Some of the Security Risks with Trading and Storing Cryptocurrencies
As a technology-based instrument, sophisticated hackers are always creating new ways to attack the crypto market. Cryptocurrencies are stored either in digital wallets or on exchanges, and while both options come with strict safety features, investors have lost bitcoins because of hacking. Last year, there were 12 major cryptocurrency exchange hacks, totaling over $292 million.
Fraudulent activities are a significant concern in the crypto market as criminals take advantage of the COVID-19 pandemic to pitch investment scams. These scams involve fake COVID-19 cryptocurrencies or digital wallets. In one astounding incident on social media, Twitter handles for prominent individuals sent out scam messages seeking bitcoin for COVID-19 relief, promising to double their value. The schemes have increased during the pandemic causing the FBI to warn persons to be on the lookout for COVID-19 related cryptocurrency fraud.
As most governments shun cryptocurrency as an acceptable form of payment, there is little to no regulation in the crypto market. This means if your account is hacked, there is no recourse for investors. Also, transactions are irreversible, so if a mistake is made while moving money around, there is no way to undo it.
5 Ways to Secure your Digital Wallet
While your digital wallet is susceptible to hacking and other cyber threats, there are safety measures you can practice to improve its security:
Use a Secure Email
Gmail can read your email and also track your online activity. Consider using a more secure email account such as ProtonMail that does not read your email.
Install a VPN
Another way to secure your digital wallet is by installing a VPN. The benefits of VPNs include encrypting your data and hiding your IP address, so you stay anonymous when trading online. Using this tool is especially helpful when accessing your online wallet and exchanges.
Choose Offline Storage
Securing your cryptocurrencies in an offline wallet is a worthwhile strategy because not only will you be the only one with the private keys, it also takes your money out of the reach of hackers. Offline wallets cannot be hacked. On the contrary, a service provider secures your private keys and exchanges are a hot target for hackers.
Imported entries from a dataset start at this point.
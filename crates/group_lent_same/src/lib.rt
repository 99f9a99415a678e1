#![tactic(auto)]
// The calls on a group in place and on a group by value are one: proofs/ hold a theorem for each; this function only makes it a crate.
pub fn nothing() {}
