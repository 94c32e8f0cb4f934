// A new store.
ghost use Rattle.std.specs.Prelude.{◌≡◌, ◌<◌, ◌⊎◌, ℕ, OnOk, true, false, Ok, Some, [], ◌∷◌};
ghost use Rattle.rk_outside.specs.Disks.{TellsFiles, TellsAlike, IsHonest, EachImage, LeavesOnly};
ghost use Rattle.rk_outside.specs.Vaults.{RoomsStay};
ghost use Rattle.rk_gate.specs.Calls.{ChangesFile, HasWriteCause};
ghost use Rattle.rk_gate.specs.Changes.{IsAnything};
ghost use Rattle.rk_opening.specs.Stores.{IsUnmade, new_store, has_magic, store_of};
ghost use Rattle.rk_opening.specs.Openings.{IsMade, MayBeMade, OthersStayAbove};
ghost use Rattle.rk_opening.specs.Changing.{ChangesOnly, IsJournal};
ghost use Rattle.rk_opening.specs.Syncing.{IsSettledAt};

use crate::head::HEAD;
use crate::syncing::FRONT_END;
use rk_gate::Journal;
use rk_outside::{Failed, StoreError, Vault, VaultError};
use std::alloc::Global;

/// Makes a store: empty journals in the files 1 to 4, and then the head.
pub(crate) fn make_store<V: Vault>(alloc: Global, vault: &mut V) -> Result<(), StoreError>
    requires reads { TellsFiles (V.disk vault.old) → IsUnmade (V.disk vault.old).files }
    requires images { IsHonest (V.disk vault.old) →
        EachImage (V.disk vault.old) (λ image. has_magic (image 0) ≡ false) }
    ensures head { OnOk result (TellsFiles (V.disk vault.old) → has_magic ((V.disk vault.new).files 0) ≡ true) }
    ensures store { OnOk result (TellsFiles (V.disk vault.old) → store_of (V.disk vault.new).files ≡ Ok new_store) }
    ensures others { TellsFiles (V.disk vault.old) → OthersStayAbove (V.disk vault.old).files (V.disk vault.new).files }

    // Whatever it answers, what reads give is no store or a new one, and so is each image of each moment since its start.
    ensures reads { TellsFiles (V.disk vault.old) → IsUnmade (V.disk vault.new).files ⊎ IsMade (V.disk vault.new).files }
    ensures told { TellsAlike (V.disk vault.old) (V.disk vault.new) }
    ensures honest { IsHonest (V.disk vault.old) → IsHonest (V.disk vault.new) }
    ensures crash { IsHonest (V.disk vault.old) →
        LeavesOnly (V.disk vault.old) (V.disk vault.new) (MayBeMade (V.disk vault.old)) }
    ensures settled { OnOk result ((f : ℕ) → f < 5 → IsSettledAt f (V.disk vault.new)) }

    ensures rooms { RoomsStay (V.room vault.old) (V.room vault.new) }
    ensures cause { HasWriteCause (V.fault_count vault.old) (V.fault_count vault.new) result }
{
    make_journals(alloc, vault)?;
    write_head(alloc, vault)
}

/// Makes the files 1 to 4 empty journals.
fn make_journals<V: Vault>(alloc: Global, vault: &mut V) -> Result<(), StoreError>
    ensures bytes { OnOk result (TellsFiles (V.disk vault.old) →
        (f : ℕ) → IsJournal f → (V.disk vault.new).files f ≡ Some (0 ∷ [])) }
    ensures settled { OnOk result ((f : ℕ) → IsJournal f → IsSettledAt f (V.disk vault.new)) }
    ensures disk { ChangesOnly IsJournal (V.disk vault.old) (V.disk vault.new) }
    ensures rooms { RoomsStay (V.room vault.old) (V.room vault.new) }
    ensures cause { HasWriteCause (V.fault_count vault.old) (V.fault_count vault.new) result }
{
    for file in 1..FRONT_END {
        Journal::create(alloc, vault, file)?;
    }
    Ok(())
}

/// Writes the head.
fn write_head<V: Vault>(alloc: Global, vault: &mut V) -> Result<(), StoreError>
    ensures head { OnOk result (TellsFiles (V.disk vault.old) → has_magic ((V.disk vault.new).files 0) ≡ true) }
    ensures settled { OnOk result (IsSettledAt 0 (V.disk vault.new)) }
    ensures disk { ChangesFile 0 (V.disk vault.old) (V.disk vault.new) IsAnything }
    ensures rooms { RoomsStay (V.room vault.old) (V.room vault.new) }
    ensures cause { HasWriteCause (V.fault_count vault.old) (V.fault_count vault.new) result }
{
    match vault.make_room(alloc, HEAD, 8) {
        Ok(()) => {}
        Err(VaultError::Memory) => return Err(StoreError::Memory),
        Err(VaultError::Failed) => return Err(write_fault(vault)),
    }
    if let Err(Failed) = vault.write_at(HEAD, 0, b"rkstore1") {
        return Err(write_fault(vault));
    }
    match vault.sync(HEAD) {
        Ok(()) => Ok(()),
        Err(Failed) => Err(write_fault(vault)),
    }
}

// The refusal of a change, with the vault's count.
fn write_fault<V: Vault>(vault: &V) -> StoreError
    ensures { result ≡ StoreError.WriteFault (V.fault_count vault.now) }
{
    StoreError::WriteFault {
        faults: vault.faults(),
    }
}
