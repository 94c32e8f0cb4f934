// Logs whose groups are all in tables.
ghost use Rattle.std.specs.Prelude.{◌≡◌, ◌≤◌, Ok, OnOk};
ghost use Rattle.rk_outside.specs.Disks.{TellsFiles};
ghost use Rattle.rk_outside.specs.Vaults.{RoomsStay};
ghost use Rattle.rk_gate.specs.Calls.{ChangesFile, HasWriteCause};
ghost use Rattle.rk_gate.specs.Changes.{IsJournalWithGate};
ghost use Rattle.rk_pieces.specs.Pieces.{is_empty};
ghost use Rattle.rk_log.specs.Logs.{later, log_of};
ghost use Rattle.rk_opening.specs.Stores.{kept};
ghost use Rattle.rk_opening.specs.Syncing.{IsSettledAt};
ghost use Rattle.rk_opening.specs.Settling.{MayBeSettled};

use rk_log::{Log, Logged};
use rk_outside::{StoreError, Vault};

/// Empties a log that has groups, where they are all in tables.
pub(crate) fn settle_log<V: Vault>(
    vault: &mut V,
    log: &mut Log,
    flushed: u64,
) -> Result<(), StoreError>
    requires reads { TellsFiles (V.disk vault.old) → IsJournalWithGate log.old.journal.gate ((V.disk vault.old).files log.old.journal.file) }
    requires settled { IsSettledAt log.old.journal.file (V.disk vault.old) }
    requires room { log.old.journal.room ≤ V.room vault.old log.old.journal.file }
    ensures groups { OnOk result (log.new.groups.items ≡ kept flushed log.old.groups.items) }
    // Where the file had the log's groups, it has those that the log has now.
    ensures kept { OnOk result (TellsFiles (V.disk vault.old) →
        log_of ((V.disk vault.old).files log.old.journal.file) ≡ Ok log.old.groups.items →
        log_of ((V.disk vault.new).files log.old.journal.file) ≡ Ok log.new.groups.items) }
    ensures stands { OnOk result (TellsFiles (V.disk vault.old) →
        IsJournalWithGate log.new.journal.gate ((V.disk vault.new).files log.old.journal.file)) }
    ensures file { log.new.journal.file ≡ log.old.journal.file }
    ensures reads { TellsFiles (V.disk vault.old) → MayBeSettled flushed log.old.groups.items
        ((V.disk vault.old).files log.old.journal.file) ((V.disk vault.new).files log.old.journal.file) }
    ensures disk { ChangesFile log.old.journal.file (V.disk vault.old) (V.disk vault.new)
        (MayBeSettled flushed log.old.groups.items ((V.disk vault.old).files log.old.journal.file)) }
    ensures there { OnOk result (IsSettledAt log.old.journal.file (V.disk vault.new)) }
    ensures room { log.new.journal.room ≤ V.room vault.new log.old.journal.file }
    ensures rooms { RoomsStay (V.room vault.old) (V.room vault.new) }
    ensures cause { HasWriteCause (V.fault_count vault.old) (V.fault_count vault.new) result }
{
    if !log.groups.is_empty() && is_in_tables(&log.groups, flushed) {
        log.journal.reset(vault)?;
        log.groups.clear();
    }
    Ok(())
}

/// Whether no group begins above `flushed`.
fn is_in_tables(groups: &[Logged], flushed: u64) -> bool
    ensures { result ≡ is_empty (later flushed groups.now) }
{
    groups.iter().all(|logged| logged.group.first <= flushed)
}
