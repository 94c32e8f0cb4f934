//! The opening of a store over a vault.
//!
//! `specs/Stores` says what the files of a vault hold: a head, versions in the manifest, and groups in two logs.
//! [`open_store`] answers what they hold, makes a store where there is none, and names the first bad record. It may be
//! stopped at any moment: each image of each moment since its start is one from before it, or stands for what reads gave then.
//!
//! It stands on `rk_manifest` and `rk_log` for what is read, on `rk_gate` for journals, and on `rk_outside` for vaults and
//! refusals.
#![tactic(auto)]

mod head;
mod making;
mod opening;
mod settling;
mod syncing;
mod tables;

pub use opening::{Opened, open_store};
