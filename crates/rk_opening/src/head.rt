// The head of a store.
ghost use Rattle.std.specs.Prelude.{◌≡◌, IfOk, IsErrOf};
ghost use Rattle.rk_outside.specs.Disks.{TellsFiles};
ghost use Rattle.rk_outside.specs.Vaults.{RoomsStay};
ghost use Rattle.rk_gate.specs.Calls.{HasReadCause};
ghost use Rattle.rk_opening.specs.Stores.{has_magic};

use rk_outside::{Failed, StoreError, Vault};

/// The number of the head's file.
pub(crate) const HEAD: u64 = 0;

/// Whether the head is that of a store.
pub(crate) fn has_head<V: Vault>(vault: &mut V) -> Result<bool, StoreError>
    ensures head { TellsFiles (V.disk vault.old) → IfOk result (λ there. there ≡ has_magic ((V.disk vault.old).files 0)) }
    ensures same { V.disk vault.new ≡ V.disk vault.old }
    ensures rooms { RoomsStay (V.room vault.old) (V.room vault.new) }
    ensures cause { HasReadCause 0 (λ at. ⊥) (V.fault_count vault.old) (V.fault_count vault.new) result }
    ensures no_memory { IsErrOf result StoreError.Memory → ⊥ }
{
    let mut front = [0; 8];
    match vault.read_at(HEAD, 0, &mut front) {
        Ok(read) => Ok(front[..read] == b"rkstore1"[..]),
        Err(Failed) => Err(StoreError::ReadFault {
            faults: vault.faults(),
        }),
    }
}
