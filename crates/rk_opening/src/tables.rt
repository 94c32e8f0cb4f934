// The files of tables.
ghost use Rattle.std.specs.Prelude.{◌≡◌, ◌≤◌, ℕ, None, IfOk, OnOk};
ghost use Rattle.rk_outside.specs.Disks.{TellsFiles, FilesStayBut};
ghost use Rattle.rk_outside.specs.Vaults.{AreNumbers, RoomsStay};
ghost use Rattle.rk_gate.specs.Calls.{HasReadCause, HasWriteCause};
ghost use Rattle.rk_opening.specs.Openings.{IsLeast, HasOpenCause};
ghost use Rattle.rk_opening.specs.Changing.{ChangesOnly, IsTable};

use rk_outside::{Failed, StoreError, Vault, VaultError};
use std::alloc::Global;

/// The files from this one on are those of tables.
const FIRST_TABLE: u64 = 16;

/// The least number of a table's file, and none where there is none.
pub(crate) fn least_table<V: Vault>(alloc: Global, vault: &mut V) -> Result<Option<u64>, StoreError>
    ensures least { TellsFiles (V.disk vault.old) → IfOk result (IsLeast (V.disk vault.old).files) }
    ensures same { V.disk vault.new ≡ V.disk vault.old }
    ensures rooms { RoomsStay (V.room vault.old) (V.room vault.new) }
    ensures cause { HasReadCause 0 (λ at. ⊥) (V.fault_count vault.old) (V.fault_count vault.new) result }
{
    let numbers = file_numbers(alloc, vault)?;
    for number in &numbers {
        if *number >= FIRST_TABLE {
            return Ok(Some(*number));
        }
    }
    Ok(None)
}

/// Removes the files of tables, where the newest version names none.
pub(crate) fn remove_tables<V: Vault>(alloc: Global, vault: &mut V) -> Result<(), StoreError>
    ensures removed { OnOk result (TellsFiles (V.disk vault.old) →
        (f : ℕ) → IsTable f → (V.disk vault.new).files f ≡ None) }
    ensures disk { ChangesOnly IsTable (V.disk vault.old) (V.disk vault.new) }
    ensures rooms { RoomsStay (V.room vault.old) (V.room vault.new) }
    ensures cause { HasOpenCause (λ Says. ⊥) (V.disk vault.old).files
        (V.fault_count vault.old) (V.fault_count vault.new) result }
{
    let numbers = file_numbers(alloc, vault)?;
    for number in &numbers {
        if *number >= FIRST_TABLE {
            remove_table(vault, *number)?;
        }
    }
    Ok(())
}

/// Removes the file of a table.
fn remove_table<V: Vault>(vault: &mut V, file: u64) -> Result<(), StoreError>
    requires { IsTable file }
    ensures removed { OnOk result (TellsFiles (V.disk vault.old) → (V.disk vault.new).files file ≡ None) }
    ensures others { TellsFiles (V.disk vault.old) → FilesStayBut file (V.disk vault.old).files (V.disk vault.new).files }
    ensures disk { ChangesOnly IsTable (V.disk vault.old) (V.disk vault.new) }
    ensures rooms { RoomsStay (V.room vault.old) (V.room vault.new) }
    ensures cause { HasWriteCause (V.fault_count vault.old) (V.fault_count vault.new) result }
{
    match vault.remove(file) {
        Ok(()) => Ok(()),
        Err(Failed) => Err(StoreError::WriteFault {
            faults: vault.faults(),
        }),
    }
}

/// The numbers of the files, rising.
fn file_numbers<V: Vault>(alloc: Global, vault: &mut V) -> Result<Vec<u64>, StoreError>
    ensures numbers { TellsFiles (V.disk vault.old) → IfOk result (λ ns. AreNumbers (V.disk vault.old).files ns.items) }
    ensures same { V.disk vault.new ≡ V.disk vault.old }
    ensures rooms { RoomsStay (V.room vault.old) (V.room vault.new) }
    ensures cause { HasReadCause 0 (λ at. ⊥) (V.fault_count vault.old) (V.fault_count vault.new) result }
{
    match vault.numbers(alloc) {
        Ok(numbers) => Ok(numbers),
        Err(VaultError::Memory) => Err(StoreError::Memory),
        Err(VaultError::Failed) => Err(StoreError::ReadFault {
            faults: vault.faults(),
        }),
    }
}
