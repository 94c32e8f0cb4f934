// The syncs before anything is read.
ghost use Rattle.std.specs.Prelude.{◌≡◌, ℕ, ◌<◌, OnOk};
ghost use Rattle.rk_outside.specs.Vaults.{RoomsStay};
ghost use Rattle.rk_gate.specs.Calls.{HasWriteCause};
ghost use Rattle.rk_opening.specs.Syncing.{OnlySyncs, IsSettledAt};

use rk_outside::{Failed, StoreError, Vault};

/// The files from 0 up to this one are the head, the logs and the manifest.
pub(crate) const FRONT_END: u64 = 5;

/// Syncs the files that an opening reads.
pub(crate) fn sync_front<V: Vault>(vault: &mut V) -> Result<(), StoreError>
    ensures disk { OnlySyncs (V.disk vault.old) (V.disk vault.new) }
    ensures settled { OnOk result ((f : ℕ) → f < 5 → IsSettledAt f (V.disk vault.new)) }
    ensures rooms { RoomsStay (V.room vault.old) (V.room vault.new) }
    ensures cause { HasWriteCause (V.fault_count vault.old) (V.fault_count vault.new) result }
{
    for file in 0..FRONT_END {
        sync_file(vault, file)?;
    }
    Ok(())
}

/// Syncs a file.
pub(crate) fn sync_file<V: Vault>(vault: &mut V, file: u64) -> Result<(), StoreError>
    ensures disk { OnlySyncs (V.disk vault.old) (V.disk vault.new) }
    ensures settled { OnOk result (IsSettledAt file (V.disk vault.new)) }
    ensures rooms { RoomsStay (V.room vault.old) (V.room vault.new) }
    ensures cause { HasWriteCause (V.fault_count vault.old) (V.fault_count vault.new) result }
{
    match vault.sync(file) {
        Ok(()) => Ok(()),
        Err(Failed) => Err(StoreError::WriteFault {
            faults: vault.faults(),
        }),
    }
}
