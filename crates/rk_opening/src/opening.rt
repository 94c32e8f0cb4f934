// The opening of a store.
ghost use Rattle.std.specs.Prelude.{◌≡◌, ◌≤◌, ◌<◌, IfOk, OnOk, ℕ, true};
ghost use Rattle.rk_outside.specs.Disks.{TellsFiles, TellsAlike, IsHonest, LeavesOnly};
ghost use Rattle.rk_outside.specs.Vaults.{RoomsStay};
ghost use Rattle.rk_gate.specs.Changes.{IsJournalWithGate};
ghost use Rattle.rk_manifest.specs.Versions.{version};
ghost use Rattle.rk_manifest.specs.Manifests.{StandsFor};
ghost use Rattle.rk_manifest.specs.Calls.{HasRoom};
ghost use Rattle.rk_opening.specs.Stores.{has_magic};
ghost use Rattle.rk_opening.specs.Openings.{IsOpened, Holds, UnusedStay, OthersStayAbove, StaysOrIsNew, IsAlike, MayBeNew, MayBeLeft, Reads, HasOpenCause};
ghost use Rattle.rk_opening.specs.Settling.{Leaves};
ghost use Rattle.rk_opening.specs.Syncing.{IsSettledAt};

use crate::head::has_head;
use crate::making::make_store;
use crate::settling::settle_log;
use crate::syncing::sync_front;
use crate::tables::{least_table, remove_tables};
use rk_log::Logs;
use rk_manifest::{Manifest, VersionDesc};
use rk_outside::{StoreError, Vault};
use std::alloc::Global;

/// An opened store: its manifest and its newest version, and its logs with their groups. A log whose groups are all in tables
/// was emptied.
#[derive(Debug, Drop)]
pub struct Opened {
    pub manifest: Manifest,
    pub version: VersionDesc,
    pub logs: Logs,
}

/// Opens the store in a vault, or makes one where there is none.
///
/// The files 0 to 4 are synced first. Where the head does not begin a store, the files 1 to 4 are made empty journals, and then
/// the head is written and synced. Where it does, the manifest is recovered, files of tables that the newest version does not
/// name are removed, the logs are recovered, and a log whose groups are all in tables is emptied.
///
/// # Errors
///
/// `NotAStore` with the least file of a table where no store was made. `BadRecord` with the first bad record of the manifest,
/// and then of the logs. `ReadFault` and `WriteFault` where the vault failed, and `Memory`.
pub fn open_store<V: Vault>(alloc: Global, vault: &mut V) -> Result<Opened, StoreError>
    ensures opened { TellsFiles (V.disk vault.old) → IfOk result (λ o. IsOpened (V.disk vault.old).files
        (record { version = version o.version; logs = record { first = o.logs.first.groups.items; second = o.logs.second.groups.items } })) }
    ensures holds { TellsFiles (V.disk vault.old) → IfOk result (λ o. Holds (V.disk vault.new).files
        (record { version = version o.version; logs = record { first = o.logs.first.groups.items; second = o.logs.second.groups.items } })) }
    ensures manifest { TellsFiles (V.disk vault.old) → IfOk result (λ o. StandsFor o.manifest (V.disk vault.new).files) }
    ensures first { TellsFiles (V.disk vault.old) →
        IfOk result (λ o. IsJournalWithGate o.logs.first.journal.gate ((V.disk vault.new).files 1)) }
    ensures second { TellsFiles (V.disk vault.old) →
        IfOk result (λ o. IsJournalWithGate o.logs.second.journal.gate ((V.disk vault.new).files 2)) }
    ensures files { IfOk result (λ o. (o.logs.first.journal.file ≡ 1) × (o.logs.second.journal.file ≡ 2)) }
    ensures unused { TellsFiles (V.disk vault.old) → UnusedStay (V.disk vault.old).files (V.disk vault.new).files }

    ensures reads { TellsFiles (V.disk vault.old) → Reads (V.disk vault.old).files (V.disk vault.new).files }

    // Each image of each moment since the start is one from before it, or stands for what reads gave then. After `Ok` a crash
    // leaves the head, the logs and the manifest as reads give them.
    ensures told { TellsAlike (V.disk vault.old) (V.disk vault.new) }
    ensures honest { IsHonest (V.disk vault.old) → IsHonest (V.disk vault.new) }
    ensures crash { IsHonest (V.disk vault.old) →
        LeavesOnly (V.disk vault.old) (V.disk vault.new) (MayBeLeft (V.disk vault.old)) }
    ensures settled { OnOk result ((f : ℕ) → f < 5 → IsSettledAt f (V.disk vault.new)) }

    ensures room { IfOk result (λ o. HasRoom o.manifest (V.room vault.new)) }
    ensures log_room { IfOk result (λ o. (o.logs.first.journal.room ≤ V.room vault.new 1) × (o.logs.second.journal.room ≤ V.room vault.new 2)) }
    ensures rooms { RoomsStay (V.room vault.old) (V.room vault.new) }
    ensures cause { HasOpenCause (λ Says. TellsFiles (V.disk vault.old) → Says) (V.disk vault.old).files
        (V.fault_count vault.old) (V.fault_count vault.new) result }
{
    sync_front(vault)?;
    make_if_none(alloc, vault)?;
    recover_store(alloc, vault)
}

/// Makes a store where there is none.
fn make_if_none<V: Vault>(alloc: Global, vault: &mut V) -> Result<(), StoreError>
    requires settled { (f : ℕ) → f < 5 → IsSettledAt f (V.disk vault.old) }
    ensures head { OnOk result (TellsFiles (V.disk vault.old) → has_magic ((V.disk vault.new).files 0) ≡ true) }
    ensures store { OnOk result (TellsFiles (V.disk vault.old) → StaysOrIsNew (V.disk vault.old).files (V.disk vault.new).files) }
    ensures others { TellsFiles (V.disk vault.old) → OthersStayAbove (V.disk vault.old).files (V.disk vault.new).files }
    ensures reads { TellsFiles (V.disk vault.old) → Reads (V.disk vault.old).files (V.disk vault.new).files }
    ensures told { TellsAlike (V.disk vault.old) (V.disk vault.new) }
    ensures honest { IsHonest (V.disk vault.old) → IsHonest (V.disk vault.new) }
    ensures crash { IsHonest (V.disk vault.old) →
        LeavesOnly (V.disk vault.old) (V.disk vault.new) (MayBeNew (V.disk vault.old)) }
    ensures settled { OnOk result ((f : ℕ) → f < 5 → IsSettledAt f (V.disk vault.new)) }
    ensures rooms { RoomsStay (V.room vault.old) (V.room vault.new) }
    ensures cause { HasOpenCause (λ Says. TellsFiles (V.disk vault.old) → Says) (V.disk vault.old).files
        (V.fault_count vault.old) (V.fault_count vault.new) result }
{
    if has_head(vault)? {
        return Ok(());
    }
    if let Some(file) = least_table(alloc, vault)? {
        return Err(StoreError::NotAStore { file });
    }
    make_store(alloc, vault)
}

/// Recovers the store behind a head.
fn recover_store<V: Vault>(alloc: Global, vault: &mut V) -> Result<Opened, StoreError>
    requires head { TellsFiles (V.disk vault.old) → has_magic ((V.disk vault.old).files 0) ≡ true }
    requires settled { (f : ℕ) → f < 5 → IsSettledAt f (V.disk vault.old) }
    ensures opened { TellsFiles (V.disk vault.old) → IfOk result (λ o. IsOpened (V.disk vault.old).files
        (record { version = version o.version; logs = record { first = o.logs.first.groups.items; second = o.logs.second.groups.items } })) }
    ensures holds { TellsFiles (V.disk vault.old) → IfOk result (λ o. Holds (V.disk vault.new).files
        (record { version = version o.version; logs = record { first = o.logs.first.groups.items; second = o.logs.second.groups.items } })) }
    ensures manifest { TellsFiles (V.disk vault.old) → IfOk result (λ o. StandsFor o.manifest (V.disk vault.new).files) }
    ensures first { TellsFiles (V.disk vault.old) →
        IfOk result (λ o. IsJournalWithGate o.logs.first.journal.gate ((V.disk vault.new).files 1)) }
    ensures second { TellsFiles (V.disk vault.old) →
        IfOk result (λ o. IsJournalWithGate o.logs.second.journal.gate ((V.disk vault.new).files 2)) }
    ensures files { IfOk result (λ o. (o.logs.first.journal.file ≡ 1) × (o.logs.second.journal.file ≡ 2)) }
    ensures unused { TellsFiles (V.disk vault.old) → UnusedStay (V.disk vault.old).files (V.disk vault.new).files }
    ensures disk { Leaves (V.disk vault.old) (V.disk vault.new) (IsAlike (V.disk vault.old).files) }
    ensures settled { OnOk result ((f : ℕ) → f < 5 → IsSettledAt f (V.disk vault.new)) }
    ensures room { IfOk result (λ o. HasRoom o.manifest (V.room vault.new)) }
    ensures log_room { IfOk result (λ o. (o.logs.first.journal.room ≤ V.room vault.new 1) × (o.logs.second.journal.room ≤ V.room vault.new 2)) }
    ensures rooms { RoomsStay (V.room vault.old) (V.room vault.new) }
    ensures cause { HasOpenCause (λ Says. TellsFiles (V.disk vault.old) → Says) (V.disk vault.old).files
        (V.fault_count vault.old) (V.fault_count vault.new) result }
{
    let (manifest, version) = Manifest::recover(alloc, vault)?;
    remove_tables(alloc, vault)?;
    let mut logs = rk_log::recover(alloc, vault, version.flushed_upto)?;
    settle_log(vault, &mut logs.first, version.flushed_upto)?;
    settle_log(vault, &mut logs.second, version.flushed_upto)?;
    Ok(Opened {
        manifest,
        version,
        logs,
    })
}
Choose Privacy-Focused Crypto
With security and privacy concerns surrounding cryptocurrency, it’s best to choose one that’s more privacy-oriented. These cryptos offer enhanced security features and help to conceal investors’ online trading activity.
Enable Two-Factor Authentication
The final tip is to use two-factor authentication (2FA) to access the device your digital wallet is stored on. 2FA is an extra layer of security to get to your account. We also recommend using an authenticator app to provide the 6 digit code.
As a crypto trader, you must be mindful that there are security risks. The safety tips we provided are by no means exhaustive, but they are simple measures you can make a part of your daily habit when storing and trading cryptocurrencies.